Stored data entries:
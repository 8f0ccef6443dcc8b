// The value that a field is.
ghost use Rattle.std.specs.Prelude.{◌≡◌, ◌<◌, ◌^◌, pos, IfOk, IfSome, MatchOption, option_map, option_and_then};
ghost use Rattle.std.specs.Str.{is_utf8};
ghost use Rattle.slot_reading.specs.Slots.{utf8_text, value_in, value_of, or_null};
ghost use Rattle.slot_reading.specs.Stamps.{stamp_value};
ghost use Rattle.lp_values.specs.Readings.{integer_in, real_in};
ghost use Rattle.lp_values.specs.declared.value.Value.TheVariants.{Int};
ghost use Rattle.lp_time.specs.Readings.{seconds_in, pattern_part};
ghost use Rattle.lp_time.specs.CommonLog.{clf_seconds};

use crate::SlotReading;
use lp_time::{Pattern, clf_stamp, read_stamp};
use lp_values::{Text, Value, read_integer, read_real};
use std::alloc::{AllocError, Global};

fn utf8_text(bytes: &[u8]) -> Option<&str>
    ensures { option_map (λ s. s.now) result ≡ utf8_text bytes.now }
{
    match str::from_utf8(bytes) {
        Ok(text) => Some(text),
        Err(_) => None,
    }
}

// The greatest whole number.
const MOST: u64 = 9_223_372_036_854_775_807;

fn as_integer(number: u64) -> i64
    requires { number < 2 ^ 63 }
    ensures { result ≡ pos number }
{
    number as i64
}

// The number that bytes are which are digits alone, as most are: these need no look at the text as a whole.
fn digits_number(bytes: &[u8]) -> Option<i64>
    ensures { IfSome result (λ number. Int number ≡ value_in SlotReading.Integer bytes.now) }
{
    let mut number = 0u64;
    for byte in bytes {
        if !byte.is_ascii_digit() {
            return None;
        }
        number = number
            .saturating_mul(10)
            .saturating_add(u64::from(*byte - b'0'));
    }
    if number > MOST {
        return None;
    }
    if bytes.len() == 0 {
        return None;
    }
    Some(as_integer(number))
}

/// The whole number that a field's bytes are, or NULL.
pub fn integer_value(bytes: &[u8]) -> Value
    ensures { result ≡ value_in SlotReading.Integer bytes.now }
{
    if let Some(number) = digits_number(bytes) {
        return Value::Int(number);
    }
    match utf8_text(bytes) {
        Some(text) => match read_integer(text) {
            Some(number) => Value::Int(number),
            None => Value::Null,
        },
        None => Value::Null,
    }
}

/// The number that a field's bytes are, or NULL.
pub fn real_value(bytes: &[u8]) -> Value
    ensures { result ≡ value_in SlotReading.Real bytes.now }
{
    match utf8_text(bytes) {
        Some(text) => match read_real(text) {
            Some(number) => Value::Real(number),
            None => Value::Null,
        },
        None => Value::Null,
    }
}

/// The date or time that a field's bytes are by a pattern, or NULL.
pub fn stamp_value(pattern: &Pattern, bytes: &[u8]) -> Value
    ensures { result ≡ value_in (SlotReading.By pattern.now) bytes.now }
{
    match utf8_text(bytes) {
        Some(text) => match read_stamp(pattern, text) {
            Some(stamp) => Value::Stamp(stamp),
            None => Value::Null,
        },
        None => Value::Null,
    }
}

fn clf_value(bytes: &[u8]) -> Value
    ensures { result ≡ value_in SlotReading.Clf bytes.now }
{
    match clf_stamp(bytes) {
        Some(stamp) => Value::Stamp(stamp),
        None => Value::Null,
    }
}

/// The value of a field: NULL where the log has none, or where its bytes don't read. Bytes that are no UTF-8 are no
/// numbers and no times; in a text they are repaired.
pub fn read_slot(
    alloc: Global,
    reading: &SlotReading,
    bytes: Option<&[u8]>,
) -> Result<Value, AllocError>
    ensures { IfOk result (λ value. value ≡ value_of reading.now (option_map (λ s. s.now) bytes.entry)) }
{
    let Some(bytes) = bytes else {
        return Ok(Value::Null);
    };
    match reading {
        SlotReading::Integer => Ok(integer_value(bytes)),
        SlotReading::Real => Ok(real_value(bytes)),
        SlotReading::Text => Ok(Value::Text(Text::read(alloc, bytes)?)),
        SlotReading::By(pattern) => Ok(stamp_value(pattern, bytes)),
        SlotReading::Clf => Ok(clf_value(bytes)),
    }
}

* _WORK TASK_
Copy all the records above precisely.

* _WRITTEN SOLUTION_
repository 8f0ccef6443dcc8b
// The value that a field is.
ghost use Rattle.std.specs.Prelude.{◌≡◌, ◌<◌, ◌^◌, pos, IfOk, IfSome, MatchOption, option_map, option_and_then};
ghost use Rattle.std.specs.Str.{is_utf8};
ghost use Rattle.slot_reading.specs.Slots.{utf8_text, value_in, value_of, or_null};
ghost use Rattle.slot_reading.specs.Stamps.{stamp_value};
ghost use Rattle.lp_values.specs.Readings.{integer_in, real_in};
ghost use Rattle.lp_values.specs.declared.value.Value.TheVariants.{Int};
ghost use Rattle.lp_time.specs.Readings.{seconds_in, pattern_part};
ghost use Rattle.lp_time.specs.CommonLog.{clf_seconds};

use crate::SlotReading;
use lp_time::{Pattern, clf_stamp, read_stamp};
use lp_values::{Text, Value, read_integer, read_real};
use std::alloc::{AllocError, Global};

fn utf8_text(bytes: &[u8]) -> Option<&str>
    ensures { option_map (λ s. s.now) result ≡ utf8_text bytes.now }
{
    match str::from_utf8(bytes) {
        Ok(text) => Some(text),
        Err(_) => None,
    }
}

// The greatest whole number.
const MOST: u64 = 9_223_372_036_854_775_807;

fn as_integer(number: u64) -> i64
    requires { number < 2 ^ 63 }
    ensures { result ≡ pos number }
{
    number as i64
}

// The number that bytes are which are digits alone, as most are: these need no look at the text as a whole.
fn digits_number(bytes: &[u8]) -> Option<i64>
    ensures { IfSome result (λ number. Int number ≡ value_in SlotReading.Integer bytes.now) }
{
    let mut number = 0u64;
    for byte in bytes {
        if !byte.is_ascii_digit() {
            return None;
        }
        number = number
            .saturating_mul(10)
            .saturating_add(u64::from(*byte - b'0'));
    }
    if number > MOST {
        return None;
    }
    if bytes.len() == 0 {
        return None;
    }
    Some(as_integer(number))
}

/// The whole number that a field's bytes are, or NULL.
pub fn integer_value(bytes: &[u8]) -> Value
    ensures { result ≡ value_in SlotReading.Integer bytes.now }
{
    if let Some(number) = digits_number(bytes) {
        return Value::Int(number);
    }
    match utf8_text(bytes) {
        Some(text) => match read_integer(text) {
            Some(number) => Value::Int(number),
            None => Value::Null,
        },
        None => Value::Null,
    }
}

/// The number that a field's bytes are, or NULL.
pub fn real_value(bytes: &[u8]) -> Value
    ensures { result ≡ value_in SlotReading.Real bytes.now }
{
    match utf8_text(bytes) {
        Some(text) => match read_real(text) {
            Some(number) => Value::Real(number),
            None => Value::Null,
        },
        None => Value::Null,
    }
}

/// The date or time that a field's bytes are by a pattern, or NULL.
pub fn stamp_value(pattern: &Pattern, bytes: &[u8]) -> Value
    ensures { result ≡ value_in (SlotReading.By pattern.now) bytes.now }
{
    match utf8_text(bytes) {
        Some(text) => match read_stamp(pattern, text) {
            Some(stamp) => Value::Stamp(stamp),
            None => Value::Null,
        },
        None => Value::Null,
    }
}

fn clf_value(bytes: &[u8]) -> Value
    ensures { result ≡ value_in SlotReading.Clf bytes.now }
{
    match clf_stamp(bytes) {
        Some(stamp) => Value::Stamp(stamp),
        None => Value::Null,
    }
}

/// The value of a field: NULL where the log has none, or where its bytes don't read. Bytes that are no UTF-8 are no
/// numbers and no times; in a text they are repaired.
pub fn read_slot(
    alloc: Global,
    reading: &SlotReading,
    bytes: Option<&[u8]>,
) -> Result<Value, AllocError>
    ensures { IfOk result (λ value. value ≡ value_of reading.now (option_map (λ s. s.now) bytes.entry)) }
{
    let Some(bytes) = bytes else {
        return Ok(Value::Null);
    };
    match reading {
        SlotReading::Integer => Ok(integer_value(bytes)),
        SlotReading::Real => Ok(real_value(bytes)),
        SlotReading::Text => Ok(Value::Text(Text::read(alloc, bytes)?)),
        SlotReading::By(pattern) => Ok(stamp_value(pattern, bytes)),
        SlotReading::Clf => Ok(clf_value(bytes)),
    }
}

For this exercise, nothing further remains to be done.